(Excerpted data begins)
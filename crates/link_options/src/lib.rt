//! What a TCP connection is told so that it ends by itself once its peer is gone.
#![tactic(auto)]

mod limits;
mod setting;

pub use limits::{Keepalive, LinkOptions};
pub use setting::{OptionRefused, Setting, TcpOption};
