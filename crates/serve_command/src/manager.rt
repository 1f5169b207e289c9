//! What the service manager of a farm is told.

ghost use Rattle.std.specs.Prelude.{◌≡◌};
ghost use Rattle.serve_command.specs.Manager as spec;

use service_manager::{ManagerError, Notice, ServiceManager, watchdog_of};
use std::rt::Env;
use std::sync::{Mutex, Wait};

/// How far a farm is.
#[derive(Clone, Copy, Debug, PartialEq, Eq)]
pub enum Stage {
    /// Its page is not open yet, if it has one.
    Starting,
    /// Its files are read, and its page is open if it has one.
    Ready,
    /// It has to end: workers finish their jobs.
    Stopping,
}

impl Stage {
    /// What somebody is told of a farm that is so far, who knows it at an earlier stage, or at this one: each stage once.
    pub fn news_for(self, known: Stage) -> Option<Notice>
        ensures { result ≡ spec.news known self }
    {
        match (known, self) {
            (Stage::Starting, Stage::Ready) => Some(Notice::Ready),
            (Stage::Starting | Stage::Ready, Stage::Stopping) => Some(Notice::Stopping),
            _ => None,
        }
    }
}

/// The service manager of a farm, and what it knows of it. What it could not be told, as if it takes nothing now, it is told the next time.
#[derive(Drop)]
pub struct FarmManager {
    manager: ServiceManager,
    wants_signs: bool,
    known: Mutex<Stage>,
}

impl FarmManager {
    /// This service manager, which knows of a farm only that it was started. It may want signs of life.
    pub fn new(manager: ServiceManager, wants_signs: bool) -> FarmManager {
        FarmManager {
            manager,
            wants_signs,
            known: Mutex::new(Stage::Starting),
        }
    }

    /// The one that the environment names. None if it names none. One whose WATCHDOG_USEC is no number may want signs of life.
    pub fn of_environment<R: Env + Alloc>(rt: &R) -> Result<Option<FarmManager>, ManagerError> {
        let Some(manager) = ServiceManager::of_environment(rt)? else {
            return Ok(None);
        };
        let wants_signs = !matches!(watchdog_of(rt), Ok(None));
        Ok(Some(FarmManager::new(manager, wants_signs)))
    }

    /// The farm is so far: tells it what it does not know yet.
    pub fn note<R: Wait>(&self, rt: &R, stage: Stage) {
        let mut known = self.known.lock(rt);
        let Some(notice) = stage.news_for(*known) else {
            return;
        };
        if self.manager.tell(notice).is_ok() {
            *known = stage;
        }
    }

    /// The farm is alive: tells it so, if it wants to be told.
    pub fn note_alive(&self) {
        if self.wants_signs {
            drop(self.manager.tell(Notice::Alive));
        }
    }
}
(Excerpted data ends)
● What needs to be done
What you write must match the records above exactly, line for line.

● Response to this task
filename crates/link_options/src/lib.rt
//! What a TCP connection is told so that it ends by itself once its peer is gone.
#![tactic(auto)]

mod limits;
mod setting;

pub use limits::{Keepalive, LinkOptions};
pub use setting::{OptionRefused, Setting, TcpOption};
filename crates/serve_command/src/manager.rt
repository 1f5169b207e289c9
//! What the service manager of a farm is told.

ghost use Rattle.std.specs.Prelude.{◌≡◌};
ghost use Rattle.serve_command.specs.Manager as spec;

use service_manager::{ManagerError, Notice, ServiceManager, watchdog_of};
use std::rt::Env;
use std::sync::{Mutex, Wait};

/// How far a farm is.
#[derive(Clone, Copy, Debug, PartialEq, Eq)]
pub enum Stage {
    /// Its page is not open yet, if it has one.
    Starting,
    /// Its files are read, and its page is open if it has one.
    Ready,
    /// It has to end: workers finish their jobs.
    Stopping,
}

impl Stage {
    /// What somebody is told of a farm that is so far, who knows it at an earlier stage, or at this one: each stage once.
    pub fn news_for(self, known: Stage) -> Option<Notice>
        ensures { result ≡ spec.news known self }
    {
        match (known, self) {
            (Stage::Starting, Stage::Ready) => Some(Notice::Ready),
            (Stage::Starting | Stage::Ready, Stage::Stopping) => Some(Notice::Stopping),
            _ => None,
        }
    }
}

/// The service manager of a farm, and what it knows of it. What it could not be told, as if it takes nothing now, it is told the next time.
#[derive(Drop)]
pub struct FarmManager {
    manager: ServiceManager,
    wants_signs: bool,
    known: Mutex<Stage>,
}

impl FarmManager {
    /// This service manager, which knows of a farm only that it was started. It may want signs of life.
    pub fn new(manager: ServiceManager, wants_signs: bool) -> FarmManager {
        FarmManager {
            manager,
            wants_signs,
            known: Mutex::new(Stage::Starting),
        }
    }

    /// The one that the environment names. None if it names none. One whose WATCHDOG_USEC is no number may want signs of life.
    pub fn of_environment<R: Env + Alloc>(rt: &R) -> Result<Option<FarmManager>, ManagerError> {
        let Some(manager) = ServiceManager::of_environment(rt)? else {
            return Ok(None);
        };
        let wants_signs = !matches!(watchdog_of(rt), Ok(None));
        Ok(Some(FarmManager::new(manager, wants_signs)))
    }

    /// The farm is so far: tells it what it does not know yet.
    pub fn note<R: Wait>(&self, rt: &R, stage: Stage) {
        let mut known = self.known.lock(rt);
        let Some(notice) = stage.news_for(*known) else {
            return;
        };
        if self.manager.tell(notice).is_ok() {
            *known = stage;
        }
    }

    /// The farm is alive: tells it so, if it wants to be told.
    pub fn note_alive(&self) {
        if self.wants_signs {
            drop(self.manager.tell(Notice::Alive));
        }
    }
}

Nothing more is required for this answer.